Reconsidering Poison Pills

Client Alert  |  March 26, 2020


By: Eduardo Gallardo, Partner, New York

The public health crisis caused by COVID-19 has had a dramatic economic impact on the trading prices of U.S. companies across all industries.  As boards of directors and management teams work to stabilize their operations and deal with the myriad issues caused by the pandemic, we have witnessed a number of opportunistic shareholder activists accumulating stakes in publicly traded targets.  In the current environment, boards and their advisors should take, and several already have taken, a fresh look at the implementation of a shareholder rights plan (aka “poison pill”).

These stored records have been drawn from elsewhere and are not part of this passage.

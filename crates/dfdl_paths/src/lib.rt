//! What the paths of expressions lead to among the elements of a document: the items of a path, how many there are, the value
//! of the only one, and the number of the innermost occurrence.
//!
//! The contracts cite `items` of specs/Leads.antt, over the elements of specs/Elements.antt, and specs/Values.antt. It serves the
//! chapter 'DFDL Expression Language'.
#![tactic(auto)]

mod course;
pub mod found;
mod index;
pub mod occurs;
pub mod place;
mod reach;
mod span;
mod tree;
pub mod value;
mod walk;

pub use dfdl_expressions::{Path, Step};
pub use dfdl_region::{Content, Node};
pub use dfdl_terms::{Items, NameNumbers, Terms};
pub use found::{Found, count_items, items, only_item};
pub use occurs::occurs_index;
pub use place::{Place, Start};
pub use value::value_of_item;

#[cfg(test)]
mod tests;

Rights plans were a permanent fixture in most public companies’ defensive profile until the turn of century, when various governance and proxy advisory groups began an effective campaign to pressure companies into letting expire, or terminating, their rights plans.  This is reflected in the fact that, according to SharkRepellent, only approximately 1% of companies in the S&P 500 had an active rights plan in place as of March 1, 2020, while around the year 2000 approximately 60% of the S&P 500 had one.  Instead of maintaining standing long-term rights plans as a general defensive measure, many companies have kept rights plans in draft form “on the shelf”—ready for implementation if needed.  Under the existing extraordinary market conditions, companies in particularly affected sectors should evaluate the advisability of activating on-the-shelf plans.

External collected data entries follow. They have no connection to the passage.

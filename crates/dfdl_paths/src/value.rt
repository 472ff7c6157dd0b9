// The value of the only item of a path.
ghost use Rattle.std.specs.Prelude.{◌≡◌, ◌<◌, ◌^◌, IfOk, Some, length, option_map, slice_get};
ghost use Rattle.dfdl_paths.specs.Leads.{items};
ghost use Rattle.dfdl_paths.specs.Values.{content_value, found_of, found_value, node_value, octets_value, part_at, text_value};

use super::found::{Found, only_item};
use super::place::Start;
use dfdl_expressions::Path;
use dfdl_region::{Content, Node};
use dfdl_terms::NameNumbers;
use dfdl_value::{ByteValue, TextValue, Value};
use std::alloc::{AllocError, Global};
use std::str;

/// The value of the item that a path leads to, or the number of the fault: it leads to none, or to one that isn't read yet
/// (1), to several (2), or to one that is nil or has elements (3). `text` has the bytes of the elements' texts.
pub fn value_of_item(
    alloc: Global,
    names: &NameNumbers,
    nodes: &[Node],
    text: &[u8],
    start: Start,
    path: &Path,
    indexes: &[u64],
) -> Result<Result<Value, u8>, AllocError>
    requires few { length nodes.now < 2 ^ 32 }
    ensures { IfOk result (λ value. value ≡ found_value nodes.now text.now (found_of (items names.now nodes.now start path.now indexes.now))) }
{
    let found = only_item(names, nodes, start, path, indexes);
    value_of_found(alloc, nodes, text, found)
}

// The value of what is found.
fn value_of_found(
    alloc: Global,
    nodes: &[Node],
    text: &[u8],
    found: Found,
) -> Result<Result<Value, u8>, AllocError>
    ensures { IfOk result (λ value. value ≡ found_value nodes.now text.now found) }
{
    match found {
        Found::None => Ok(Err(1)),
        Found::One(number) => value_of_node(alloc, nodes, text, number),
        Found::Several => Ok(Err(2)),
    }
}

// The value of an element.
fn value_of_node(
    alloc: Global,
    nodes: &[Node],
    text: &[u8],
    number: u32,
) -> Result<Result<Value, u8>, AllocError>
    ensures { IfOk result (λ value. value ≡ node_value text.now (slice_get nodes.now number)) }
{
    match nodes.get(number as usize) {
        None => Ok(Err(1)),
        Some(node) => value_of_content(alloc, node.content, text),
    }
}

// The value of a content.
fn value_of_content(
    alloc: Global,
    content: Content,
    text: &[u8],
) -> Result<Result<Value, u8>, AllocError>
    ensures { IfOk result (λ value. value ≡ content_value text.now content) }
{
    match content {
        Content::Begun => Ok(Err(1)),
        Content::Complex => Ok(Err(3)),
        Content::Nil => Ok(Err(3)),
        Content::Signed(number) => Ok(Ok(Value::Int(number))),
        Content::Unsigned(number) => Ok(Ok(Value::Uns(number))),
        Content::Decimal(number) => Ok(Ok(Value::Dec(number))),
        Content::Truth(truth) => Ok(Ok(Value::Truth(truth))),
        Content::Text { from, len } => text_at(alloc, text, from, len),
        Content::Octets { from, len } => octets_at(alloc, text, from, len),
    }
}

// So many bytes of a text from one on, where they are there.
fn part_of(text: &[u8], from: u32, len: u32) -> Option<&[u8]>
    ensures { option_map (λ part. part.now) result ≡ part_at text.now from len }
{
    let from = from as usize;
    let end = from + len as usize;
    if text.len() < end {
        return None;
    }
    Some(&text[from..end])
}

// The string that so many bytes of a text are.
fn text_at(alloc: Global, text: &[u8], from: u32, len: u32) -> Result<Result<Value, u8>, AllocError>
    ensures { IfOk result (λ value. value ≡ text_value (part_at text.now from len)) }
{
    match part_of(text, from, len) {
        None => Ok(Err(1)),
        Some(part) => text_of(alloc, part),
    }
}

// The hexBinary that so many bytes of a text are.
fn octets_at(
    alloc: Global,
    text: &[u8],
    from: u32,
    len: u32,
) -> Result<Result<Value, u8>, AllocError>
    ensures { IfOk result (λ value. value ≡ octets_value (part_at text.now from len)) }
{
    match part_of(text, from, len) {
        None => Ok(Err(1)),
        Some(part) => octets_of(alloc, part),
    }
}

fn text_of(alloc: Global, bytes: &[u8]) -> Result<Result<Value, u8>, AllocError>
    ensures { IfOk result (λ value. value ≡ text_value (Some bytes.now)) }
{
    match str::from_utf8(bytes) {
        Ok(text) => Ok(Ok(Value::Text(TextValue::from_str(alloc, text)?))),
        Err(_) => Ok(Err(1)),
    }
}

fn octets_of(alloc: Global, bytes: &[u8]) -> Result<Result<Value, u8>, AllocError>
    ensures { IfOk result (λ value. value ≡ octets_value (Some bytes.now)) }
{
    Ok(Ok(Value::Bytes(ByteValue::from_slice(alloc, bytes)?)))
}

In assessing whether to activate a rights plan, companies should consider the following:

  • Presence of Activist: Companies that already have an activist in their stock should closely monitor for potential accelerated accumulations.  We recommend that boards take prompt action in the event there is a clear indication that the activist is proceeding with any aggressive accumulation of additional shares.
  • Schedule 13D: Federal securities rules and regulations require an activist or hostile bidder to publicly file a Schedule 13D within ten days after crossing the 5% ownership threshold.  However, after the initial threshold is crossed, accumulations can continue during the ten-day filing window, such that the buyer could launch its public campaign after having acquired an ownership stake well over the 5% threshold.  This is particularly important to consider for companies that are seeing increased trading volumes that might facilitate rapid accumulations of large blocks of stock.  Companies should also keep in mind that currently SEC rules do not require the aggregation of certain derivative instruments in computing whether the 5% threshold has been crossed, a loophole often used by professional activists to conceal their economic exposure to a target.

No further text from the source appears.